ESPE Abstracts (2015) 84 FC4.3

ESPE2015 Free Communications Growth (6 abstracts)

An Updated and Final Analysis of a Randomised Placebo-controlled Trial of the Effect of Oxandrolone and Timing of Pubertal Induction on Final Height in Turner Syndrome

Emma-Jane Gault a , Tim J Cole b , Rebecca J Perry c , Sarah Casey c , Wendy F Paterson c , Peter C Hindmarsh b , Peter Betts d , David B Dunger e & Malcolm D C Donaldson a

aUniversity of Glasgow, Glasgow, UK; bUniversity College London, London, UK; cRoyal Hospital for Sick Children, Glasgow, UK; dSouthamptom University Hospitals NHS Trust, Southampton, UK; eUniversity of Cambridge, Cambridge, UK

Background: While GH therapy forms the mainstay of growth promoting treatment for Turner syndrome (TS), adjunctive use of oxandrolone and optimal timing of pubertal induction remain controversial. The previously published interim analysis of this randomised double-blind placebo-controlled trial demonstrated that oxandrolone and pubertal induction at 14y vs 12y significantly increased final height. However, these effects were not additive.
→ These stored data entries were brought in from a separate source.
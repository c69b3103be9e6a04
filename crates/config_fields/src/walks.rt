//! The walk through the objects that hold no further objects. Each step keeps in `found` the fault that is reported so far;
//! an error is out of memory.
ghost use Rattle.std.specs.Prelude.{◌≡◌, OnOk, IfOk};
ghost use Rattle.serde_json.specs.View.{view, members_view, items_view};
ghost use Rattle.config_fields.specs.Faults.{best};
ghost use Rattle.config_fields.specs.Places.{field_place};
ghost use Rattle.config_fields.specs.Tables.{owed_by, field_of};
ghost use Rattle.config_fields.specs.Walks as spec;

use crate::fault::{ConfFault, Flaw, note, note_field, note_item};
use crate::forms::{Kind, TextForm, flaw_of, is_text_of, judged};
use crate::place::at_field;
use crate::tables::{Field, Key, ObjectKind, Owed, field_of, owed_by};
use label_set::{NoMemory, is_label_name};
use serde_json::{Map, Value};
use std::alloc::Global;
use std::cmp::Ordering;

/// Whether each text of a list is of a form.
fn are_texts_of(form: TextForm, values: &[Value]) -> bool
    ensures { result ≡ spec.are_texts_of form (items_view values.now) }
{
    for value in values {
        if let Some(text) = value.as_str() {
            if !is_text_of(form, text) {
                return false;
            }
        }
    }
    true
}

/// Notes the items that are no texts.
fn items(
    alloc: Global,
    place: &str,
    values: &[Value],
    found: &mut Option<ConfFault>,
) -> Result<(), NoMemory>
    ensures { OnOk result (found.new ≡ best found.old (spec.item_faults place.now 0 (items_view values.now))) }
{
    let mut index = 0;
    for value in values {
        if let Some(flaw) = flaw_of(Kind::Text(TextForm::Any), value) {
            note_item(alloc, found, flaw, place, index)?;
        }
        index += 1;
    }
    Ok(())
}

/// A list of texts.
#[tactic(auto, unfolding(crate::specs::Walks::texts_faults))]
fn texts(
    alloc: Global,
    form: TextForm,
    place: &str,
    value: &Value,
    found: &mut Option<ConfFault>,
) -> Result<(), NoMemory>
    ensures { OnOk result (found.new ≡ best found.old (spec.texts_faults form place.now (view value.now))) }
{
    let Some(values) = value.as_array() else {
        return note(alloc, found, Flaw::Shape, place);
    };
    if let Some(flaw) = judged(Some(are_texts_of(form, values))) {
        note(alloc, found, flaw, place)?;
    }
    items(alloc, place, values, found)
}

/// Whether each name is a label name.
fn are_label_names(object: &Map<String, Value>) -> bool
    ensures { result ≡ spec.are_label_names (members_view object.now.entries) }
{
    for (name, _) in object {
        if !is_label_name(name.as_str()) {
            return false;
        }
    }
    true
}

/// Notes the values that are no texts.
fn values(
    alloc: Global,
    place: &str,
    object: &Map<String, Value>,
    found: &mut Option<ConfFault>,
) -> Result<(), NoMemory>
    ensures { OnOk result (found.new ≡ best found.old (spec.value_faults place.now (members_view object.now.entries))) }
{
    for (name, value) in object {
        if let Some(flaw) = flaw_of(Kind::Text(TextForm::Any), value) {
            note_field(alloc, found, flaw, place, name.as_str())?;
        }
    }
    Ok(())
}

/// An object of texts under label names.
#[tactic(auto, unfolding(crate::specs::Walks::labels_faults))]
fn labels(
    alloc: Global,
    place: &str,
    value: &Value,
    found: &mut Option<ConfFault>,
) -> Result<(), NoMemory>
    ensures { OnOk result (found.new ≡ best found.old (spec.labels_faults place.now (view value.now))) }
{
    let Some(object) = value.as_object() else {
        return note(alloc, found, Flaw::Shape, place);
    };
    if let Some(flaw) = judged(Some(are_label_names(object))) {
        note(alloc, found, flaw, place)?;
    }
    values(alloc, place, object, found)
}

/// Lists of texts under names.
#[tactic(auto, using(crate::proofs::FaultLemmas::best_after))]
fn lists(
    alloc: Global,
    place: &str,
    object: &Map<String, Value>,
    found: &mut Option<ConfFault>,
) -> Result<(), NoMemory>
    ensures { OnOk result (found.new ≡ best found.old (spec.lists_faults place.now (members_view object.now.entries))) }
{
    for (name, value) in object {
        let place = at_field(alloc, place, name.as_str())?;
        texts(alloc, TextForm::Any, place.as_str(), value, found)?;
    }
    Ok(())
}

/// An object of lists of texts.
#[tactic(auto, unfolding(crate::specs::Walks::params_faults))]
fn params(
    alloc: Global,
    place: &str,
    value: &Value,
    found: &mut Option<ConfFault>,
) -> Result<(), NoMemory>
    ensures { OnOk result (found.new ≡ best found.old (spec.params_faults place.now (view value.now))) }
{
    match value.as_object() {
        Some(object) => lists(alloc, place, object, found),
        None => note(alloc, found, Flaw::Shape, place),
    }
}

/// Notes the faults of the value of a field, under a key of the object at a place. Its place is put together where it may be needed.
#[tactic(auto, unfolding(crate::specs::Walks::field_faults))]
pub fn field(
    alloc: Global,
    field: Field,
    place: &str,
    key: &str,
    value: &Value,
    found: &mut Option<ConfFault>,
) -> Result<(), NoMemory>
    ensures { OnOk result (found.new ≡ best found.old (spec.field_faults field (field_place place.now key.now) (view value.now))) }
{
    match field {
        Field::Unknown => note_field(alloc, found, Flaw::Unknown, place, key),
        Field::Plain(kind) => match flaw_of(kind, value) {
            Some(flaw) => note_field(alloc, found, flaw, place, key),
            None => Ok(()),
        },
        Field::Texts(form) => {
            let place = at_field(alloc, place, key)?;
            texts(alloc, form, place.as_str(), value, found)
        }
        Field::Labels => {
            let place = at_field(alloc, place, key)?;
            labels(alloc, place.as_str(), value, found)
        }
        Field::Params => {
            let place = at_field(alloc, place, key)?;
            params(alloc, place.as_str(), value, found)
        }
    }
}

/// Notes a required field that is absent.
fn missing(
    alloc: Global,
    place: &str,
    required: Option<Key>,
    found: &mut Option<ConfFault>,
) -> Result<(), NoMemory>
    ensures { OnOk result (found.new ≡ best found.old (spec.missing place.now required)) }
{
    match required {
        Some(key) => note_field(alloc, found, Flaw::Missing, place, key.text()),
        None => Ok(()),
    }
}

/// A required field, where a walk passes it by when it comes to a key.
fn passed(required: Option<Key>, key: &str) -> Option<Key>
    ensures { result ≡ spec.passed required key.now }
{
    match required?.text().cmp(key) {
        Ordering::Less => required,
        _ => None,
    }
}

/// A required field, where it is still to come after a key.
fn to_come(required: Option<Key>, key: &str) -> Option<Key>
    ensures { result ≡ spec.to_come required key.now }
{
    match required?.text().cmp(key) {
        Ordering::Greater => required,
        _ => None,
    }
}

/// Notes the required fields that a walk passes by when it comes to a key, and gives those that are still to come after it.
#[tactic(auto, unfolding(crate::specs::Walks::missing_before, crate::specs::Walks::owed_after))]
pub fn pass_by(
    alloc: Global,
    place: &str,
    owed: Owed,
    key: &str,
    found: &mut Option<ConfFault>,
) -> Result<Owed, NoMemory>
    ensures owed { IfOk result (λ o. o ≡ spec.owed_after owed key.now) }
    ensures found { OnOk result (found.new ≡ best found.old (spec.missing_before place.now owed key.now)) }
{
    missing(alloc, place, passed(owed.first, key), found)?;
    missing(alloc, place, passed(owed.second, key), found)?;
    Ok(Owed {
        first: to_come(owed.first, key),
        second: to_come(owed.second, key),
    })
}

/// Notes the required fields that never came, where a walk has come to the end of the object at a place.
#[tactic(auto, unfolding(crate::specs::Walks::missing_at_end))]
pub fn end(
    alloc: Global,
    place: &str,
    owed: Owed,
    found: &mut Option<ConfFault>,
) -> Result<(), NoMemory>
    ensures { OnOk result (found.new ≡ best found.old (spec.missing_at_end place.now owed)) }
{
    missing(alloc, place, owed.first, found)?;
    missing(alloc, place, owed.second, found)
}

/// The fields of an object.
#[tactic(auto, using(crate::proofs::FaultLemmas::best_after))]
fn members(
    alloc: Global,
    kind: ObjectKind,
    place: &str,
    object: &Map<String, Value>,
    found: &mut Option<ConfFault>,
) -> Result<(), NoMemory>
    ensures { OnOk result (found.new ≡ best found.old (spec.members_faults kind place.now (owed_by kind) (members_view object.now.entries))) }
{
    let mut owed = owed_by(kind);
    for (key, value) in object {
        owed = pass_by(alloc, place, owed, key.as_str(), found)?;
        field(
            alloc,
            field_of(kind, key.as_str()),
            place,
            key.as_str(),
            value,
            found,
        )?;
    }
    end(alloc, place, owed, found)
}

/// Notes the faults of an object of a kind, the value at a place.
#[tactic(auto, unfolding(crate::specs::Walks::object_faults))]
pub fn object(
    alloc: Global,
    kind: ObjectKind,
    place: &str,
    value: &Value,
    found: &mut Option<ConfFault>,
) -> Result<(), NoMemory>
    ensures { OnOk result (found.new ≡ best found.old (spec.object_faults kind place.now (view value.now))) }
{
    match value.as_object() {
        Some(object) => members(alloc, kind, place, object, found),
        None => note(alloc, found, Flaw::Shape, place),
    }
}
Objective: To update the analysis now the remaining participants have reached adult height.

Method: Girls with TS aged 7–13y receiving GH (10 mg/m2 per week) were randomised to oxandrolone (0.05 mg/kg per day, max. daily dose 2.5 mg) or placebo from 9y. At 12y, those with ovarian failure were further randomised to oral ethinylestradiol (year 1, 2 μg daily; year 2, 4 μg daily; year 3, 4 months each of 6/8/10 μg daily) or placebo (until the age of 14y, when puberty was induced using the same protocol). The primary outcome measure was final height.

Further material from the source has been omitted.